╭─ Exercise material

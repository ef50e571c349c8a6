//! The line of the messages in flight.

ghost use Rattle.std.specs.Prelude.{◌≡◌, ◌++◌, OnOk};
ghost use Rattle.scrib_show.specs.ShownLines as lines;

use scrib_global::explain::Flight;
use scrib_report::flight::push_flight;
use scrib_types::text::push_bytes;
use std::alloc::AllocError;

// Adds the line of the messages in flight, or nothing where there is none. It fails where memory for the longer text is
// refused, as do the functions below.
pub(crate) fn push_flights(
    out: &mut Vec<u8>,
    offends: bool,
    flights: &[Flight],
) -> Result<(), AllocError>
    ensures { OnOk result (out.new.items ≡ out.old.items ++ lines.flights_line offends flights.now) }
{
    match flights {
        [] => Ok(()),
        [first, others @ ..] => {
            push_bytes(out, heading(offends).as_bytes())?;
            push_flight(out, first)?;
            push_further(out, others)?;
            push_bytes(out, b"\n")
        }
    }
}

// Adds each message in flight after a comma and a blank.
fn push_further(out: &mut Vec<u8>, flights: &[Flight]) -> Result<(), AllocError>
    ensures { OnOk result (out.new.items ≡ out.old.items ++ lines.further_flights flights.now) }
{
    for flight in flights {
        push_bytes(out, b", ")?;
        push_flight(out, flight)?;
    }
    Ok(())
}

// What is in front of the messages in flight.
fn heading(offends: bool) -> &'static str
    ensures { result.now ≡ lines.flights_heading offends }
{
    if offends {
        "in flight before it: "
    } else {
        "in flight: "
    }
}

╰─

- Task requirements -
Begin with the line that contains "for flight in" and print each line exactly until the data ends, including the last line.

- The answer -
    for flight in flights {
        push_bytes(out, b", ")?;
        push_flight(out, flight)?;
    }
    Ok(())
}

// What is in front of the messages in flight.
fn heading(offends: bool) -> &'static str
    ensures { result.now ≡ lines.flights_heading offends }
{
    if offends {
        "in flight before it: "
    } else {
        "in flight: "
    }
}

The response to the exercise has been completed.